┌──

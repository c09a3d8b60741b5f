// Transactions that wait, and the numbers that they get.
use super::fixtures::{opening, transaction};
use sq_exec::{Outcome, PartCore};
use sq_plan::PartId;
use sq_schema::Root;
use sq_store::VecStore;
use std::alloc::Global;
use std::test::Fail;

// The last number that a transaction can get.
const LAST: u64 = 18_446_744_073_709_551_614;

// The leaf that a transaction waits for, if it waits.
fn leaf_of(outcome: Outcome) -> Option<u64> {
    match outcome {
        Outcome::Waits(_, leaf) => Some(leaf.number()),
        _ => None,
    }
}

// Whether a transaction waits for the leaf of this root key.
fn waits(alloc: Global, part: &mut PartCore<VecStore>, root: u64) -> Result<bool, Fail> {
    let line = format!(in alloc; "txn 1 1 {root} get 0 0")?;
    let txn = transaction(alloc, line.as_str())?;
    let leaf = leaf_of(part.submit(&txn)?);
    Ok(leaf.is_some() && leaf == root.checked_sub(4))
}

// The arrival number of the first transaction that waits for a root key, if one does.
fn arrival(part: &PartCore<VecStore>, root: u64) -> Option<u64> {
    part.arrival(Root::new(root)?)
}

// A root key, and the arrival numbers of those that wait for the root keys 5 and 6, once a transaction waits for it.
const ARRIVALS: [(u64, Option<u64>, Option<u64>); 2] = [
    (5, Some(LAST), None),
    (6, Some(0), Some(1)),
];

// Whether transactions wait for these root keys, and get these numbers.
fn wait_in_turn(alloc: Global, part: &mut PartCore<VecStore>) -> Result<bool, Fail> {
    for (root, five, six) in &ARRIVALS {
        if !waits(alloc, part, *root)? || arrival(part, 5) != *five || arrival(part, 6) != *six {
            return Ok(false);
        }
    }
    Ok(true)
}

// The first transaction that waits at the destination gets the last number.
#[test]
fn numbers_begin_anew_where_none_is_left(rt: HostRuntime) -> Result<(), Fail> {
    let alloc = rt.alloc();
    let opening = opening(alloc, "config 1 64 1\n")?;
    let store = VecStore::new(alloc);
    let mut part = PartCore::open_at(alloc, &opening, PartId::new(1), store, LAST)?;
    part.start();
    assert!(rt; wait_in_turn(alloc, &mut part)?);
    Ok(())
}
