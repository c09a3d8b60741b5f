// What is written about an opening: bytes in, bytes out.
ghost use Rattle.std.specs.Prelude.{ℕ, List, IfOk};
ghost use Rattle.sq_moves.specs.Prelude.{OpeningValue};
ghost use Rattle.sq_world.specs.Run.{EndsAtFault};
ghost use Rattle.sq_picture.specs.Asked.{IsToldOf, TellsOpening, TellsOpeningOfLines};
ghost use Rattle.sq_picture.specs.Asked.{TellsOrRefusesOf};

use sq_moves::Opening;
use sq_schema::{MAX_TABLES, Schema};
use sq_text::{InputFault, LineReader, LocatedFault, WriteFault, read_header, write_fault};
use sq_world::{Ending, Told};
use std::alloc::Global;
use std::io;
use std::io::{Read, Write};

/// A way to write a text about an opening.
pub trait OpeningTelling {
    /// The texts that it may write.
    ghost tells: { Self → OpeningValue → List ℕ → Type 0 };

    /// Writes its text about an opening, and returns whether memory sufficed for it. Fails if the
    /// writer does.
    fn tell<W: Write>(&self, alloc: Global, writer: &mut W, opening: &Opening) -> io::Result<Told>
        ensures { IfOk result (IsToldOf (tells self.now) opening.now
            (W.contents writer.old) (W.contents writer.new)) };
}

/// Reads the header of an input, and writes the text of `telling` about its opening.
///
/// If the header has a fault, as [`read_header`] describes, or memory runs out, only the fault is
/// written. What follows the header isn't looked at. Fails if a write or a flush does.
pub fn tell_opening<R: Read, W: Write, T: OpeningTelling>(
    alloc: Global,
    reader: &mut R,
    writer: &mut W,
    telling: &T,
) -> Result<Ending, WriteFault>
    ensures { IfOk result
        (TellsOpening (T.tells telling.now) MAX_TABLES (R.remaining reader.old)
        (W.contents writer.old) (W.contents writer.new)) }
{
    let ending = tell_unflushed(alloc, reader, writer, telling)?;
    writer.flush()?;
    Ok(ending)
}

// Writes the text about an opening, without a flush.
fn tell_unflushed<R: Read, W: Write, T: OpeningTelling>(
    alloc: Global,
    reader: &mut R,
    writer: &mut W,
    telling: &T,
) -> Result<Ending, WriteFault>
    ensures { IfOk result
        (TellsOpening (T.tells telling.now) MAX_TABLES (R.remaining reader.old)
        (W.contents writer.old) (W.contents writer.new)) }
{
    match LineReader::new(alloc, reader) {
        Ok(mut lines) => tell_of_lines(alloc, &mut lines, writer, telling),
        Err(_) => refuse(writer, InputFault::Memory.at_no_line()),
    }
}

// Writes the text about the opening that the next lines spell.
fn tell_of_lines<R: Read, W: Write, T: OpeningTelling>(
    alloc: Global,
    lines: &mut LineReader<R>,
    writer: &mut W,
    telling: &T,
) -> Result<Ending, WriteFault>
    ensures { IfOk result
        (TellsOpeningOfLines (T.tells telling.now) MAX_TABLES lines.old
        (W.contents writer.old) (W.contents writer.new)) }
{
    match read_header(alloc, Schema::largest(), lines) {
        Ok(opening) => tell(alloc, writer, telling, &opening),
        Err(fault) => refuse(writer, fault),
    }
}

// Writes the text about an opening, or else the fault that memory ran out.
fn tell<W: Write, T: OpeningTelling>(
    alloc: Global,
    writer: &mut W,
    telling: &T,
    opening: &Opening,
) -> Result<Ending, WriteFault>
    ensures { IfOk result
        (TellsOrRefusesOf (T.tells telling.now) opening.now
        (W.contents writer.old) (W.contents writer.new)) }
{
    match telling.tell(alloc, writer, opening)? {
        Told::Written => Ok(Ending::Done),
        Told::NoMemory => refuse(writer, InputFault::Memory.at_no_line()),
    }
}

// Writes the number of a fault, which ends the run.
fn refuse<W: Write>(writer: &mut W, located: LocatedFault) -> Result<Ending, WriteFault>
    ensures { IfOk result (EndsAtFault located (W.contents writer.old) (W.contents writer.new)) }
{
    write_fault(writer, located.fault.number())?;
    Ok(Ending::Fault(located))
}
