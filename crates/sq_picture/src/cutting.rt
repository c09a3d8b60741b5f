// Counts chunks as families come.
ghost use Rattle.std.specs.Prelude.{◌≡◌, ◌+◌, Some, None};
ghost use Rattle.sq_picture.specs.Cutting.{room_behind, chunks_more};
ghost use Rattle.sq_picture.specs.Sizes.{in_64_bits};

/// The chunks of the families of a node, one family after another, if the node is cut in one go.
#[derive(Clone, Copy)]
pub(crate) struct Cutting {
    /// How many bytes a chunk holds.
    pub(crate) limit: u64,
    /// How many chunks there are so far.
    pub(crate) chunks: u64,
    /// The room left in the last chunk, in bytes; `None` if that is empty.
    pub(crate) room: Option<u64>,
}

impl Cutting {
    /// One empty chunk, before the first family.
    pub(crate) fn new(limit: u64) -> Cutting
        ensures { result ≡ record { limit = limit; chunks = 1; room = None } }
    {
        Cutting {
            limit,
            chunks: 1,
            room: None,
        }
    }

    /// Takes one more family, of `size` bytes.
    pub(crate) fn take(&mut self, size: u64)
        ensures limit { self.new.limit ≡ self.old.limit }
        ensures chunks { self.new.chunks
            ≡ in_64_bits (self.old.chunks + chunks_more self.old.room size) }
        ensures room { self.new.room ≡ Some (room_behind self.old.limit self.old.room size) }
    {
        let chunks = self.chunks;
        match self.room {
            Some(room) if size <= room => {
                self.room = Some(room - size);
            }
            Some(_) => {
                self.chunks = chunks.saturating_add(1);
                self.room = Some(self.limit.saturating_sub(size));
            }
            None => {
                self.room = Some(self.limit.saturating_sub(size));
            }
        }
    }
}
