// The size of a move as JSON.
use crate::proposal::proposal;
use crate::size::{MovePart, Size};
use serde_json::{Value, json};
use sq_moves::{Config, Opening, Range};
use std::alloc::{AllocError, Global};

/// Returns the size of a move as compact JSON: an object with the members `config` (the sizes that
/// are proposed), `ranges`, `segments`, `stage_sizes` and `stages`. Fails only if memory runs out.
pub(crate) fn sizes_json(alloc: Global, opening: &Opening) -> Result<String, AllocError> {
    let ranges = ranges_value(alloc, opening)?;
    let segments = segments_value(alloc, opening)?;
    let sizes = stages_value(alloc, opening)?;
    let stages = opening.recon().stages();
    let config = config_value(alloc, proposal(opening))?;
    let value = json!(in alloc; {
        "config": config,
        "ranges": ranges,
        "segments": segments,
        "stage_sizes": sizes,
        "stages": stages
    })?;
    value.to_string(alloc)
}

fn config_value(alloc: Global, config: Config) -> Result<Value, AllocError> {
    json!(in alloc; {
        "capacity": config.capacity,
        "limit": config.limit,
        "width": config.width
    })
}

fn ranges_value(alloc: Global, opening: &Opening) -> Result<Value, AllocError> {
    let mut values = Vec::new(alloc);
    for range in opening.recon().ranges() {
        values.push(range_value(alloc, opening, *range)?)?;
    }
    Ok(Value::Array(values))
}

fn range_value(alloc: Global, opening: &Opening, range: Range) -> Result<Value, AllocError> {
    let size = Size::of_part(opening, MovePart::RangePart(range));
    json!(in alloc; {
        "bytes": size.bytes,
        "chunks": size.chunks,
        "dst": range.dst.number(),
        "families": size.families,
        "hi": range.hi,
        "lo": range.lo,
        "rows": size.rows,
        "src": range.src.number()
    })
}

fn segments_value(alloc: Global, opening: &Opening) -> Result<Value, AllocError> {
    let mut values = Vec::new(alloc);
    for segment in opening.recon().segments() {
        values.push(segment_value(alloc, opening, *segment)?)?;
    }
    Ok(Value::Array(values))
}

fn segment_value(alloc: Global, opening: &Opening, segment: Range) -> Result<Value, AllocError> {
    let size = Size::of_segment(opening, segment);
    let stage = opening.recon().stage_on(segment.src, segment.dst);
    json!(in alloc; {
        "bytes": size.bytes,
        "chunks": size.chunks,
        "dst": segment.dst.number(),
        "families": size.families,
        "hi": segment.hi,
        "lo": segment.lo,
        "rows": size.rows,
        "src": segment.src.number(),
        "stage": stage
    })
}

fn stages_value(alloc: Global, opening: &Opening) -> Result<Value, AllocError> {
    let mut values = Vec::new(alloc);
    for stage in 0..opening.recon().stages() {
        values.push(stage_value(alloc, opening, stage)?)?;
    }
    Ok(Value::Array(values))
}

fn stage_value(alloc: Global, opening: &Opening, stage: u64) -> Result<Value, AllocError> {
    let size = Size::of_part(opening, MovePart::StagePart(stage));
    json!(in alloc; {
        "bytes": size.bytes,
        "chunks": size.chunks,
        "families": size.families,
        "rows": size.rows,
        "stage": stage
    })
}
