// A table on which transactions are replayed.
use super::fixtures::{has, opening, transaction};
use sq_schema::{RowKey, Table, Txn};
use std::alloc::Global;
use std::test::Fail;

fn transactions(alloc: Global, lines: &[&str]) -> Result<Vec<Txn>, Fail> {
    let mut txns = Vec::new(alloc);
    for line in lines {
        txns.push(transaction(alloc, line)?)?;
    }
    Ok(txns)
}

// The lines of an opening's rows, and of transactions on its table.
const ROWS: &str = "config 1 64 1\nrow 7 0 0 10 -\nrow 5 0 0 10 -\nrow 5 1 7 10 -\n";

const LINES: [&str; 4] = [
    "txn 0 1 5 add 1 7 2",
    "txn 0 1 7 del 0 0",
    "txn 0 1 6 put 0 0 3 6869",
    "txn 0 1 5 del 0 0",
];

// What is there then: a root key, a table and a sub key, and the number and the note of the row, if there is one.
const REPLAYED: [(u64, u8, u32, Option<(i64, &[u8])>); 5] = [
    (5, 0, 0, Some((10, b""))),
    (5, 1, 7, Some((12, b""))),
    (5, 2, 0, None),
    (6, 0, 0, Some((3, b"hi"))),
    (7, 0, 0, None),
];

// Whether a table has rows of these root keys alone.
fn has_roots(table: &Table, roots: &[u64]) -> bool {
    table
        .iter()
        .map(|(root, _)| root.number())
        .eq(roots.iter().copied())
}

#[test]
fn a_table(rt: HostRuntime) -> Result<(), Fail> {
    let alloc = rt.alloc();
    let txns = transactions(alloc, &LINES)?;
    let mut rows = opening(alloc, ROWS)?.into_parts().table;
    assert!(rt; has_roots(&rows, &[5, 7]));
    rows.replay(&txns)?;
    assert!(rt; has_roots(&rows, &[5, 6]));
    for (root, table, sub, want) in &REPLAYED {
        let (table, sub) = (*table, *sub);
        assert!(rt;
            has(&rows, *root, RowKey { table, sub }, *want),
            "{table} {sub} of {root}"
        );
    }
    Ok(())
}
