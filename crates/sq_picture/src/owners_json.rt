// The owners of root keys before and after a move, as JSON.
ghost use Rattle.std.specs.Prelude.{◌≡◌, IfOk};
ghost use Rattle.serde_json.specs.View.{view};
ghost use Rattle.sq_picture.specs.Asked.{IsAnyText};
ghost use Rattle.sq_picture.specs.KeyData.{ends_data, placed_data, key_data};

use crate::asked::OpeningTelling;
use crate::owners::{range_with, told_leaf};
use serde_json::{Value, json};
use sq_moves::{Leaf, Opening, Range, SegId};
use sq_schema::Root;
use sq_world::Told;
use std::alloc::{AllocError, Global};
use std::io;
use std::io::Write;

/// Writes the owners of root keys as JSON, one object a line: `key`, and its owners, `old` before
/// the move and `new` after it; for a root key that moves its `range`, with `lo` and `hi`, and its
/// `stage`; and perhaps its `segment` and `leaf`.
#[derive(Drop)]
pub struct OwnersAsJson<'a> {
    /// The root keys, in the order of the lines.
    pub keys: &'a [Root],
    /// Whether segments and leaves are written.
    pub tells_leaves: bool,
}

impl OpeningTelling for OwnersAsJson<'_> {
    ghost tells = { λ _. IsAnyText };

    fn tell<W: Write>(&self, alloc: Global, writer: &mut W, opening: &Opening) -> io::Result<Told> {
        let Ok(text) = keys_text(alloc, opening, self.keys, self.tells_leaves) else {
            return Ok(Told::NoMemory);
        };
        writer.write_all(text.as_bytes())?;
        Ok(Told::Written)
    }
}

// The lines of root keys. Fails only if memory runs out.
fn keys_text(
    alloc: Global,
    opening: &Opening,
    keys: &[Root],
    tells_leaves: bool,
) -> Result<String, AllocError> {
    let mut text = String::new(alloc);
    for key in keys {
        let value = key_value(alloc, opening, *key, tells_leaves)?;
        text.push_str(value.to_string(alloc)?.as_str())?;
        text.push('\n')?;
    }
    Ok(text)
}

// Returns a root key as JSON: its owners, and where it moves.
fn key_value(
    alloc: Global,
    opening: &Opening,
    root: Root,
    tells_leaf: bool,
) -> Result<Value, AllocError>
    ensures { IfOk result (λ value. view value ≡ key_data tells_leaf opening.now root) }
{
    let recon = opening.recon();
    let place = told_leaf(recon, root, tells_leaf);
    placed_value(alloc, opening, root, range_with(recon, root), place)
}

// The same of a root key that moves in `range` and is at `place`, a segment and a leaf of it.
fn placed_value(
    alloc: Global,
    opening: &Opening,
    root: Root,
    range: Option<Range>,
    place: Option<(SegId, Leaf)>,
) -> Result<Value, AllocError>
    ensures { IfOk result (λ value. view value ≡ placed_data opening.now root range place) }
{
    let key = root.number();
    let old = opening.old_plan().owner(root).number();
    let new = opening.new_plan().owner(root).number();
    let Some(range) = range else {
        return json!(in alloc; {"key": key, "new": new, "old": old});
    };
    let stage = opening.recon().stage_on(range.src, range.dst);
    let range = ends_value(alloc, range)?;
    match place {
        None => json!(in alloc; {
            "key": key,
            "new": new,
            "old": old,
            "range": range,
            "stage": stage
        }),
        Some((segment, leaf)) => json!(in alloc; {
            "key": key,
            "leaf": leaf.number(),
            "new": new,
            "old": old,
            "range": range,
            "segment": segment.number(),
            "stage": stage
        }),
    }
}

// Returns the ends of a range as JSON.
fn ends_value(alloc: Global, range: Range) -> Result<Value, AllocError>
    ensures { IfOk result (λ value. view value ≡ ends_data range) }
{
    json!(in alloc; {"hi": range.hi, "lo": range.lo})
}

└──

### Your task:
To answer, copy each line from the material above that has the word "Prelude".

### Written answer:
ghost use Rattle.std.specs.Prelude.{ℕ, List, IfOk};
ghost use Rattle.sq_moves.specs.Prelude.{OpeningValue};
ghost use Rattle.std.specs.Prelude.{◌≡◌, ◌+◌, Some, None};
ghost use Rattle.std.specs.Prelude.{◌≡◌, IfOk};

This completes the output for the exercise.